* **What to produce**:
In the records that come next, find every line with "while". Return those lines.

* **Recorded data**:

■ ■ ■ ■ ■

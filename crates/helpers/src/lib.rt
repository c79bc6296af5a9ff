// [01 What is carried over; One segment] The helpers on bare text. The test of a UESCAPE argument and the two validators say no on text that isn't UTF-8, the
// validators yes on other text outside their spelling; the test of an identifier reads bytes.
#![tactic(auto)]

ghost use Rattle.std.specs.Prelude.{not, ◌≡◌};
ghost use Rattle.meaning.specs.Answers.{Meets};
ghost use Rattle.meaning.specs.Helpers.{uescape_legal, escape_valid, unicode_valid, is_unicode_ident};
ghost use Rattle.meaning.specs.Questions.{identifier_question};
ghost use Rattle.meaning.specs.Walk.{stops};
ghost use Rattle.escapes.specs.Families.{course_of};

use cutting::marks::Mark;
use escapes::reading::read_units;
use escapes::units::Family;
use leaves::bytes::byte_at;
use leaves::texts::is_enclosed;
use meaning::{IdentifierError, ReadRefusal, ReadText, Text};
use spellings::spelling::{Spelled, is_unicode_lexeme, unicode_lexeme};
use strings::ident::{read_ident, read_lexeme};
use uescape::{Argument, uescape_argument};
use utf8::check::is_utf8;

// Whether a quoted argument holds a legal UESCAPE character, and nothing else.
// Rules out: bytes that aren't UTF-8 taken for a character; an illegal character taken (must-fail: bytes_pass, too_much_accepted).
pub fn uescape_argument_is_legal(text: &[u8]) -> bool
    ensures { result ≡ uescape_legal text.now }
{
    match uescape_argument(text) {
        Argument::Legal => is_utf8(text),
        Argument::Illegal => false,
    }
}

// Whether a body can be read to its end. A raw NUL does not stop it as such.
// Stays: three arms say which readings go through; a negated `matches!` of the one that does not is no plainer.
fn is_readable(body: &[u8], family: Family, escape: &[u8]) -> bool
    ensures { result ≡ not (stops (course_of family escape.now body.now)) }
{
    let mut none = [0u8; 0];
    match read_units(body, family, escape, &mut none) {
        Ok(_) => true,
        Err(ReadRefusal::At { place: _ }) => false,
        Err(ReadRefusal::NoRoom { needed: _ }) => true,
    }
}

// Whether an E string's body, from the first quote mark to the last, has only good escapes and no lone mark. Yes for text outside this spelling. It can
// differ from reading.
// Rules out: a body passed whose expansion alone is UTF-8; " taken for the mark of an E string (must-fail: bytes_pass, other_mark).
pub fn postgres_escape_string_is_valid(text: &[u8]) -> bool
    ensures { result ≡ escape_valid text.now }
{
    let utf8 = is_utf8(text);
    let first = byte_at(text, 0);
    if !(((first == 69) | (first == 101)) & is_enclosed(text, 1, 39)) {
        return utf8;
    }
    let until = text.len() - 1;
    utf8 & is_readable(&text[2..until], Family::Escape, b"\\")
}

// Whether a U& string's body has only good escapes by its escape character. Yes for text outside this spelling, a bad UESCAPE clause included.
// Rules out: bytes that aren't UTF-8 passed; an identifier judged for a string (must-fail: bytes_pass, other_mark).
pub fn unicode_escape_string_is_valid(text: &[u8]) -> bool
    ensures { result ≡ unicode_valid text.now }
{
    let utf8 = is_utf8(text);
    let mark = Mark::Quote;
    if let Spelled::Unspelt = unicode_lexeme(text, mark) {
        return utf8;
    }
    let mut none = [0u8; 0];
    match read_lexeme(text, mark, &mut none) {
        Ok(_) => utf8,
        Err(ReadRefusal::At { place: _ }) => false,
        Err(ReadRefusal::NoRoom { needed: _ }) => utf8,
    }
}

// Whether a text begins as a U& identifier: three bytes decide, UTF-8 or not.
// Rules out: UTF-8 asked for; a string taken for an identifier (must-fail: bytes_pass, other_mark).
pub fn is_unicode_ident(text: &[u8]) -> bool
    ensures { result ≡ is_unicode_ident text.now }
{
    is_unicode_lexeme(text, Mark::DoubleQuote)
}

// Reads an identifier's text: a part of it, or so many bytes at the buffer's start. Not UTF-8 comes before all else that refuses.
// Rules out: bytes that aren't UTF-8 told as a bad string; a length told where nothing is written (must-fail: bytes_pass, too_much_accepted).
pub fn materialize_unicode_ident(text: &[u8], out: &mut [u8]) -> Result<Text, IdentifierError>
    ensures { Meets (identifier_question text.now out.old) result out.new }
{
    if !is_utf8(text) {
        return Err(IdentifierError::NotUtf8);
    }
    match read_ident(text, out) {
        Ok(ReadText::Borrowed { from, until }) => Ok(Text::Borrowed {
            start: from,
            end: until,
        }),
        Ok(ReadText::Written { len }) => Ok(Text::Written { len }),
        Err(ReadRefusal::At { place: _ }) => Err(IdentifierError::InvalidString),
        Err(ReadRefusal::NoRoom { needed }) => Err(IdentifierError::NoRoom { needed }),
    }
}
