// Inputs that no call makes, tried through the pool's face: every clause of what a pool is broken once, alone, and each call on a device of
// each wrong shape. A line has what was tried, the number that came back for it, and the number for an input beside it that is as it should
// be; the file stdout has the specification's. Other inputs that nobody should give (plans, places, handles and paths of any kind) can be
// put into scripts, and are replayed; a script's record and shape are always its own.
#![tactic(auto)]

ghost use Rattle.std.specs.Prelude.{◌≡◌, length};

use calls_gate::{Call, Reply};
use device::{Geometry, Place};
use pool_state::Pool;

// Standard output's number at the C library.
const STDOUT_FILENO: i32 = 1;

// ---- what is lent

// How many cells of each buffer are lent.
#[derive(Clone, Copy)]
struct Lengths {
    bytes: usize,
    phys: usize,
    nums: usize,
    names: usize,
    dirs: usize,
}

// What is lent beside the device's bytes: the slot size, so much of the physical lengths, the rows and the directories, and the record.
#[derive(Clone, Copy)]
struct Setting {
    size: usize,
    lengths: Lengths,
    phys: [u64; 5],
    nums: [u64; 268],
    names: [u8; 32160],
    dirs: [u8; 123874],
    pool: Pool,
}

// What a call answered, and what it left.
#[derive(Clone, Copy)]
struct Answered {
    number: u8,
    left: Setting,
}

// A setting with no record, of a slot size and so much of each buffer.
fn blank(size: usize, lengths: Lengths) -> Setting {
    Setting {
        size: size,
        lengths: lengths,
        phys: [0u64; 5],
        nums: [0u64; 268],
        names: [0u8; 32160],
        dirs: [0u8; 123874],
        pool: mount::zero(),
    }
}
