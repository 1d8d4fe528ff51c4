// The first tick whose demand exceeds it (docs/SPECIFICATION.md §3.1). Only a table that is refused pays for it: the ticks
// below one that is exceeded are halved, and each half is searched from its end, so that no tick is summed up twice.
ghost use Rattle.std.specs.Prelude.{◌≡◌, ◌≤◌};
ghost use Rattle.table.specs.Rows.{tasks_of};
ghost use Rattle.table.specs.Overload.{Exceeds};
ghost use Rattle.table.specs.First.{First, narrow_by};

use super::fit::FitTable;
use super::overload::{Found, Outcome, search};

// A tick that is exceeded, and how many times the demand was summed up to find it.
#[derive(Clone, Copy)]
pub struct Counted {
    pub found: Found,
    pub sums: u64,
}

// No tick up to floor is exceeded, and the one found is; with the sums so far.
#[derive(Clone, Copy)]
struct Range {
    floor: u64,
    found: Found,
    sums: u64,
}

// What is left of the range r where s is the search up to its middle.
fn narrow(r: Range, middle: u64, s: Outcome) -> Range
    requires { (r.sums ≤ 1000000) × (s.sums ≤ 1000000) }
    ensures { result ≡ narrow_by r middle s.found s.sums }
{
    let sums = r.sums + s.sums;
    match s.found {
        Some(found) => Range {
            floor: r.floor,
            found,
            sums,
        },
        None => Range {
            floor: middle,
            found: r.found,
            sums,
        },
    }
}

// The first tick that is exceeded, where `found` is one of them. Internal: its callers have it from a search.
pub fn first(table: &FitTable, found: Counted) -> Counted
    requires { Exceeds (tasks_of table.now.words.now) 0 1000000 found }
    ensures { First (tasks_of table.now.words.now) found result }
{
    let mut r = Range {
        floor: 0,
        found: found.found,
        sums: found.sums,
    };
    while r.floor + 1 < r.found.at {
        let middle = r.floor + (r.found.at - r.floor) / 2;
        let s = search(table, r.floor, middle);
        r = narrow(r, middle, s);
    }
    Counted {
        found: r.found,
        sums: r.sums,
    }
}
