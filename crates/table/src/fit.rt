// A table whose rows keep their rule, which bounds its numbers: what the budgets, the requests and the demands are taken of.
ghost use Rattle.std.specs.Prelude.{◌≡◌, ◌<◌};
ghost use Rattle.table.specs.Rows.{tasks_of, Fit, FitRow};
ghost use Rattle.table.specs.Inverse.{Inverses, Ready};

use super::inverse::Prepared;
use super::rows::{Task, count, fit_row};

// Its numbers, and the inverses of its rows' periods. Internal: `opinion` tests the rows first.
#[derive(Clone, Copy)]
pub struct FitTable<'a> {
    pub words: &'a [u32],
    pub inverses: &'a [u64; 16],
    ghost fit: { Fit (tasks_of words.now) },
    ghost ready: { Inverses (tasks_of words.now) inverses.now },
}

impl FitTable<'_> {
    // How many there are.
    pub fn rows(&self) -> usize
        ensures { result ≡ (tasks_of self.now.words.now).rows }
    {
        count(self.words)
    }

    // Row i. Its callers count the rows.
    pub fn row(&self, i: usize) -> Task
        requires { i < (tasks_of self.now.words.now).rows }
        ensures { FitRow (tasks_of self.now.words.now) i result }
    {
        fit_row(self.words, i)
    }

    // Row i with its period's inverse.
    pub fn prepare(&self, i: usize) -> Prepared
        requires { i < (tasks_of self.now.words.now).rows }
        ensures { Ready (tasks_of self.now.words.now) i result }
    {
        let k = self.row(i);
        let inverse = self.inverses[i];
        Prepared {
            run: k.run,
            period: k.period,
            deadline: k.deadline,
            inverse,
        }
    }
}
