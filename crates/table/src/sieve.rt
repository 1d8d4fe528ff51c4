// 256 ticks at once, where the steps from sum to sum are short (a segmented sieve; docs/SPECIFICATION.md §2.4, §3.1). Back
// from t the slack is t − demand(t): each tick takes one of it, and each deadline passed gives its row's C. Forth from r it is
// request(r) − r − 1: each tick takes one, and each period begun gives its row's C. So every row marks its C on its ticks, and
// one pass over the marks follows the slack.
ghost use Rattle.std.specs.Prelude.{◌≡◌, ◌≤◌, ◌<◌};
ghost use Rattle.table.specs.Rows.{tasks_of};
ghost use Rattle.table.specs.Inverse.{Tame};
ghost use Rattle.table.specs.Sieve.{since_by, until_by, place_by, Markable, Marked, Bounded, OfTwo, Lasts, Lag, Sieved};

use super::demand::jobs_by;
use super::fit::FitTable;
use super::inverse::Prepared;
use super::request::ceiling;

// By how many ticks the steps lag behind a sieve of the same cost, 0 to 256, after one step more: a sum over n rows costs about
// as much as n ticks of the sieve. At 256 the sieve is the faster way. Internal: no table has more rows.
pub fn lag_after(n: usize, step: u64, lag: u64) -> u64
    requires { (n ≤ 16) × (lag ≤ 256) }
    ensures { Lag step result }
{
    (lag + n as u64).saturating_sub(step).min(256)
}

// The ticks up to t since the last deadline that the row k can have.
fn since(k: Prepared, t: u64) -> u64
    requires { Tame k × (t ≤ 1000000) }
    ensures { result ≡ since_by k.deadline k.period t }
{
    t + (k.period - k.deadline) - k.period * jobs_by(k.deadline, k.period, k.inverse, t)
}

// The ticks from r on until the row k begins a period.
fn until(k: Prepared, r: u64) -> u64
    requires { Tame k × (r ≤ 1000000) }
    ensures { result ≡ until_by k.period r }
{
    k.period * ceiling(r, k.period, k.inverse) - r
}

// How far the row k's first mark is from the tick `at`, back or forth.
fn place(k: Prepared, at: u64, back: bool) -> u64
    requires { Tame k × (at ≤ 1000000) }
    ensures { result ≡ place_by k.deadline k.period at back }
{
    if back { since(k, at) } else { until(k, at) }
}

// Adds c at the place a and at every stride-th place after it.
fn mark(marks: &mut [u32], a: usize, stride: usize, c: u32)
    requires { Markable marks.old stride c }
    ensures { Marked marks.old marks.new a stride c }
{
    // With `(a..256).step_by(stride)`: tried, and the searches of the program `tables` take 12 to 18 % more instructions.
    let mut x = a;
    while x < 256 {
        marks[x] += c;
        x += stride;
    }
}

// How many of two ticks the slack lasts, the k-th and the next, where s and what was marked before are sum, and m is marked on
// the k-th.
fn of_two(sum: u64, k: u64, m: u64) -> u64
    ensures { OfTwo sum k m result }
{
    if k < sum {
        return 2;
    }
    if sum < k {
        return 0;
    }
    if m == 0 { 1 } else { 2 }
}

// How many ticks the slack s lasts, up to 256: each takes one of it, and then adds what is marked there. Two at a time, since
// nearly always both pass by one test.
fn lasts(marks: &[u32], s: u64) -> u64
    requires { Bounded marks.now × (s < 256) }
    ensures { Lasts marks.now s result }
{
    let mut sum = s;
    for j in 0..128 {
        let m = u64::from(marks[2 * j]);
        let two = of_two(sum, (2 * j) as u64, m);
        if two < 2 {
            return (2 * j) as u64 + two;
        }
        sum += m + u64::from(marks[2 * j + 1]);
    }
    256
}

// How many ticks from `at` on, back or forth and up to 256, the slack s lasts. Internal: no caller looks past 1,000,000.
// The way is a flag and no closure: what is promised speaks of both ways in one sentence (`Sieved`).
pub fn sieve(table: &FitTable, at: u64, back: bool, s: u64) -> u64
    requires { (at ≤ 1000000) × (s < 256) }
    ensures { Sieved (tasks_of table.now.words.now) at back s result }
{
    let n = table.rows();
    let mut marks = [0u32; 256];
    for i in 0..n {
        let k = table.prepare(i);
        let a = place(k, at, back);
        mark(&mut marks, a as usize, k.period as usize, k.run as u32);
    }
    lasts(&marks, s)
}
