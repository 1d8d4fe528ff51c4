// Whether the demand of some tick exceeds it (docs/SPECIFICATION.md §3.1), by jumps down from the end of a range and not by a
// scan (the QPA test), and where the jumps are short by a sieve.
ghost use Rattle.std.specs.Prelude.{◌≤◌};
ghost use Rattle.table.specs.Rows.{tasks_of};
ghost use Rattle.table.specs.Overload.{Searched};

use super::demand::demand_at;
use super::drop::lower;
use super::fit::FitTable;
use super::sieve::lag_after;

// A tick and the demand there, which exceeds it.
#[derive(Clone, Copy)]
pub struct Found {
    pub at: u64,
    pub demand: u64,
}

// Such a tick of a range, if it has one, and how many times the demand was summed up to find it.
#[derive(Clone, Copy)]
pub struct Outcome {
    pub found: Option<Found>,
    pub sums: u64,
}

// Looks at the ticks above floor, up to end, from the end down. Internal: no caller looks past 1,000,000.
pub fn search(table: &FitTable, floor: u64, end: u64) -> Outcome
    requires { end ≤ 1000000 }
    ensures { Searched (tasks_of table.now.words.now) floor end result.found result.sums }
{
    let n = table.rows();
    let mut t = end;
    let mut sums: u64 = 0;
    let mut lag: u64 = 0;
    while floor < t {
        let h = demand_at(table, t);
        sums += 1;
        if t < h {
            let found = Found { at: t, demand: h };
            return Outcome {
                found: Some(found),
                sums,
            };
        }
        lag = lag_after(n, t - h, lag);
        t = lower(table, t, h, sums, lag);
    }
    Outcome { found: None, sums }
}
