// What falls due by a tick, of one row and of all (the demand bound function; docs/SPECIFICATION.md §2.3).
ghost use Rattle.std.specs.Prelude.{◌≡◌, ◌*◌, ◌<◌, ◌≤◌};
ghost use Rattle.edf.specs.Jobs.{jobs_by_lem};
ghost use Rattle.edf.specs.Demand.{row_demand_lem, demand};
ghost use Rattle.table.specs.Rows.{tasks_of};
ghost use Rattle.bounded.specs.Within.{Within};
ghost use Rattle.table.specs.Inverse.{inverse_of_lem, Tame};

use super::fit::FitTable;
use super::inverse::{Prepared, quotient};

// 0 where t is below D, else (t − D) divided by T, rounded down, plus 1: in both cases (t + (T − D)) / T. Internal: its
// callers have D and T from a row that keeps its rule.
pub fn jobs_by(deadline: u64, period: u64, inverse: u64, t: u64) -> u64
    requires { (1 ≤ deadline) × (deadline ≤ period) × (period ≤ 1000000) × (inverse ≡ inverse_of_lem period) × (t ≤ 1000000) }
    ensures { Within 1000000 (jobs_by_lem deadline period t) result }
{
    quotient(t + (period - deadline), period, inverse)
}

// What is due by t of the row k. Internal: its callers have k from a row that keeps its rule.
pub fn owe(k: Prepared, t: u64) -> u64
    requires { Tame k × (t ≤ 1000000) }
    ensures { Within 1000000000000 (k.run * jobs_by_lem k.deadline k.period t) result }
{
    k.run * jobs_by(k.deadline, k.period, k.inverse, t)
}

// One row's part. Internal: its callers loop over the rows that there are.
pub fn row_demand(table: &FitTable, i: usize, t: u64) -> u64
    requires { (i < (tasks_of table.now.words.now).rows) × (t ≤ 1000000) }
    ensures { Within 1000000000000 (row_demand_lem (tasks_of table.now.words.now) t i) result }
{
    let k = table.prepare(i);
    owe(k, t)
}

// The sum, over the rows with D ≤ t, of C times ((t − D) divided by T, rounded down, plus 1). Internal: no caller
// looks past 1,000,000.
pub fn demand_at(table: &FitTable, t: u64) -> u64
    requires { t ≤ 1000000 }
    ensures { Within 16000000000000 (demand (tasks_of table.now.words.now) t) result }
{
    let n = table.rows();
    let mut sum = 0;
    for i in 0..n {
        sum += row_demand(table, i, t);
    }
    sum
}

■ ■ ■ ■ ■

* **Solution below**:
    while r.floor + 1 < r.found.at {
    while x < 256 {
    while floor < t {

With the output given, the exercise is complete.